Этой новой правдой, новым знанием о человеке и новым укреплением духа мы бесконечно обязаны таким людям, как Шаламов. "Колымские рассказы" – чтение нелегкое, но куда тяжелее сама жизнь, куда страшнее звериный оскал тоталитаризма, когда он отбрасывает свои идеологические ухищрения, снимает парик и стирает грим, когда он чувствует себя самим собой, у себя дома – в концентрационном лагере. Рассказы Шаламова – более верное зеркало эпохи, чем вся подцензурная советская литература, вместе взятая. Но и цена, заплаченная автором, велика: его "живая кровь" запеклась на многих страницах. И помнить об этом – наш долг, наша обязанность, наш крест...

 

Примечания

[1] Это была квартира известного ныне религиозного философа и православного богослова С. С. Хоружего. 

[2] Такой гимн тюрьме есть и у Шаламова: "Тюрьма – это свобода. Это единственное место, которое я знаю, где люди, не боясь, говорили все, что думали. Где они отдыхали душой. Отдыхали телом, потому что не работали. Там каждый час существования был осмыслен" ("Надгробное слово"). Но одно дело – тюрьма, и совсем другое – "истребительно-трудовой" лагерь.

[3] Символом этого отхода стало изменение писателем своего имени: Варлам вместо церковного Варлаам – с очевидным противопоставлением священному переименованию Аврама в Авраама (Быт. 17,5).

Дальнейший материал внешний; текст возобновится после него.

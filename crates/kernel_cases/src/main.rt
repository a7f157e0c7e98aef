// Works the stored cases of standard input with the kernels, and prints the 16 bytes that come of each.
// A case has 52 bytes: family, size, quarter turns (by element: form) and index; then 16 bytes each of the addend c, the first source n and the second source m. CADD, SQCADD and SQDMULH use no n.
#![tactic(auto)]

ghost use Rattle.std.specs.Prelude.{◌≡◌, true};
ghost use Rattle.isa.specs.Stage.{crossed};

use common::element::Saturated;
use isa::types::{Form, Rotation, Size};
use kernel::element::elements;
use kernel::{indexed, vectors};
use std::io::Read;
use std::{fmt, io};

// Nothing says that the input ends, so the loop counts the cases.
const MOST: usize = 100000;

// ---- from numbers to the types of an operation

fn size_of(n: u8) -> Size {
    match n {
        0 => Size::B,
        1 => Size::H,
        2 => Size::S,
        _ => Size::D,
    }
}

fn rotation_of(turns: u8) -> Rotation {
    match turns {
        0 => Rotation::R0,
        1 => Rotation::R90,
        2 => Rotation::R180,
        _ => Rotation::R270,
    }
}

// CADD and SQCADD have only 90 and 270: any other number of turns counts as 1.
fn add_rotation_of(turns: u8) -> Rotation
    ensures { crossed result ≡ true }
{
    match turns {
        3 => Rotation::R270,
        _ => Rotation::R90,
    }
}

fn form_of(n: u8) -> Form {
    match n {
        0 => Form::Scalar,
        1 => Form::Vector64,
        _ => Form::Vector128,
    }
}

// ---- a kernel for each family and size: a type parameter is no value that a closure could take, so each family has its own arms

fn cadd(size: Size, rot: Rotation, c: [u8; 16], m: [u8; 16]) -> [u8; 16]
    requires { crossed rot ≡ true }
{
    match size {
        Size::B => vectors::cadd::<i8, 16>(c, m, rot),
        Size::H => vectors::cadd::<i16, 8>(c, m, rot),
        Size::S => vectors::cadd::<i32, 4>(c, m, rot),
        Size::D => vectors::cadd::<i64, 2>(c, m, rot),
    }
}

fn sqcadd(size: Size, rot: Rotation, c: [u8; 16], m: [u8; 16]) -> [u8; 16]
    requires { crossed rot ≡ true }
{
    match size {
        Size::B => vectors::sqcadd::<i8, 16>(c, m, rot),
        Size::H => vectors::sqcadd::<i16, 8>(c, m, rot),
        Size::S => vectors::sqcadd::<i32, 4>(c, m, rot),
        Size::D => vectors::sqcadd::<i64, 2>(c, m, rot),
    }
}

fn cmla(size: Size, rot: Rotation, c: [u8; 16], n: [u8; 16], m: [u8; 16]) -> [u8; 16] {
    match size {
        Size::B => vectors::cmla::<i8, 16>(c, n, m, rot),
        Size::H => vectors::cmla::<i16, 8>(c, n, m, rot),
        Size::S => vectors::cmla::<i32, 4>(c, n, m, rot),
        Size::D => vectors::cmla::<i64, 2>(c, n, m, rot),
    }
}

fn sqrdcmlah(size: Size, rot: Rotation, c: [u8; 16], n: [u8; 16], m: [u8; 16]) -> [u8; 16] {
    match size {
        Size::B => vectors::sqrdcmlah::<i8, 16>(c, n, m, rot),
        Size::H => vectors::sqrdcmlah::<i16, 8>(c, n, m, rot),
        Size::S => vectors::sqrdcmlah::<i32, 4>(c, n, m, rot),
        Size::D => vectors::sqrdcmlah::<i64, 2>(c, n, m, rot),
    }
}

fn sqdmulh(size: Size, c: [u8; 16], m: [u8; 16]) -> [u8; 16] {
    match size {
        Size::B => vectors::sqdmulh::<i8, 16>(c, m),
        Size::H => vectors::sqdmulh::<i16, 8>(c, m),
        Size::S => vectors::sqdmulh::<i32, 4>(c, m),
        Size::D => vectors::sqdmulh::<i64, 2>(c, m),
    }
}

// The families below have H and S alone: any other size counts as S.

fn cmla_indexed(
    size: Size,
    rot: Rotation,
    index: usize,
    c: [u8; 16],
    n: [u8; 16],
    m: [u8; 16],
) -> [u8; 16] {
    match size {
        Size::H => indexed::cmla::<i16, 8>(c, n, m, index, rot),
        _ => indexed::cmla::<i32, 4>(c, n, m, index, rot),
    }
}

fn sqrdcmlah_indexed(
    size: Size,
    rot: Rotation,
    index: usize,
    c: [u8; 16],
    n: [u8; 16],
    m: [u8; 16],
) -> [u8; 16] {
    match size {
        Size::H => indexed::sqrdcmlah::<i16, 8>(c, n, m, index, rot),
        _ => indexed::sqrdcmlah::<i32, 4>(c, n, m, index, rot),
    }
}

// SQRDMLAH, or SQRDMLSH with `minus`.
fn by_element(
    size: Size,
    form: Form,
    index: usize,
    minus: bool,
    c: [u8; 16],
    n: [u8; 16],
    m: [u8; 16],
) -> Saturated {
    match size {
        Size::H => elements::<i16, 8>(c, n, m, index, form, minus),
        _ => elements::<i32, 4>(c, n, m, index, form, minus),
    }
}

// ---- cases

// The numbers that choose a kernel, and what it works.
#[derive(Clone, Copy)]
struct Case {
    family: u8,
    size: u8,
    turns: u8,
    index: u8,
    c: [u8; 16],
    n: [u8; 16],
    m: [u8; 16],
}

// What came of a case: the bytes, and of a family by element whether a lane clamped.
#[derive(Clone, Copy)]
struct Worked {
    bytes: [u8; 16],
    clamped: Option<bool>,
}

impl From<[u8; 16]> for Worked {
    fn from(bytes: [u8; 16]) -> Self {
        Worked {
            bytes,
            clamped: None,
        }
    }
}

impl From<Saturated> for Worked {
    fn from(saturated: Saturated) -> Self {
        let bytes = saturated.bytes;
        Worked {
            bytes,
            clamped: Some(saturated.clamped),
        }
    }
}

impl fmt::Display for Worked {
    fn fmt<W: fmt::Write>(&self, f: &mut fmt::Formatter<W>) -> fmt::Result {
        for b in &self.bytes {
            write!(f, "{b:02x}")?;
        }
        match self.clamped {
            None => Ok(()),
            Some(true) => write!(f, " 1"),
            Some(false) => write!(f, " 0"),
        }
    }
}

impl Case {
    fn read<R: Read>(input: &mut R) -> io::Result<Self> {
        let mut numbers = [0u8; 4];
        let mut c = [0u8; 16];
        let mut n = [0u8; 16];
        let mut m = [0u8; 16];
        input.read_exact(&mut numbers)?;
        input.read_exact(&mut c)?;
        input.read_exact(&mut n)?;
        input.read_exact(&mut m)?;
        let [family, size, turns, index] = numbers;
        Ok(Case {
            family,
            size,
            turns,
            index,
            c,
            n,
            m,
        })
    }

    fn work(self) -> Worked {
        let Case { c, n, m, .. } = self;
        let size = size_of(self.size);
        let rot = rotation_of(self.turns);
        let add_rot = add_rotation_of(self.turns);
        let form = form_of(self.turns);
        let index = usize::from(self.index);
        match self.family {
            0 => cadd(size, add_rot, c, m).into(),
            1 => sqcadd(size, add_rot, c, m).into(),
            2 => cmla(size, rot, c, n, m).into(),
            3 => cmla_indexed(size, rot, index, c, n, m).into(),
            4 => sqrdcmlah(size, rot, c, n, m).into(),
            5 => sqrdcmlah_indexed(size, rot, index, c, n, m).into(),
            6 => by_element(size, form, index, false, c, n, m).into(),
            7 => by_element(size, form, index, true, c, n, m).into(),
            _ => sqdmulh(size, c, m).into(),
        }
    }
}

// The input ends with the first case that is not whole.
fn main(rt: HostRuntime) -> io::Result<()> {
    let mut stdin = rt.stdin();
    for _ in 0..MOST {
        let Ok(case) = Case::read(&mut stdin) else {
            break;
        };
        let worked = case.work();
        println!(rt; "{worked}")?;
    }
    Ok(())
}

[4] Вряд ли следует удивляться этому по видимости полному торжеству материализма: материальное действительно присуще человеку, и лагерь триумфально выявляет эту сторону человеческой природы. Нас не удивляет ведь, когда то, что было человеком, человеческий труп, ведет себя как обычное материальное тело – согласно законам физики (если его перемещать) или химии (при гниении). Не удивляет и то, что при полной потере интеллекта – в результате хирургического вмешательства (например, лоботомии) или применения психотропных средств – бывший человек все же продолжает существовать как биологический объект (отдергивает руку при ожоге, проявляет интерес к пище и т. п.). Но провести грань между хирургическим, химическим, психическим (гипноз, электромагнитные излучения) и тому подобными воздействиями, переводящими "Венец Творения" в разряд физических или биологических "тел", и комплексом воздействий специфически лагерных (холод, голод, усталость, побои), приводящих к тому же самому, невозможно (разве что в последнем случае этот перевод осуществляется более плавно).

[5] Однако то, что спасительно для человека, губительно для писателя: память – его профессиональный долг, и, возвращаясь из колымского ада, Шаламов дает себе клятву: не забыть! "Все было привычно: паровозные гудки, двигавшиеся вагоны, вокзал, милиционер, базар около вокзала – как будто я видел только многолетний сон и сейчас проснулся. И я испугался, и холодный пот выступил на коже. Я испугался страшной силе человека, желанью и уменью забывать. Я увидел, что я готов забыть все, вычеркнуть двадцать лет из своей жизни. И каких лет! И когда я это понял, я победил сам себя. Я знал, что я не позволю моей памяти забыть все, что я видел. И я успокоился и заснул" ("Поезд")

[6] Как в относительно недавнюю эпоху "застоя" без конца "крутили" Высоцкого, ирония которого была глотком свежего воздуха в душной атмосфере тогдашней "общественной жизни".

[7] Аггравация (мед.) – преувеличение больным тяжести своей болезни.

[8] С самим Пугачевым – двенадцать, цифра, конечно, далеко не случайная: нельзя не увидеть здесь столь характерного для Шаламова противопоставления героев-зеков, избравших "сопротивление злу силой", блоковским "революцьонным" насильникам.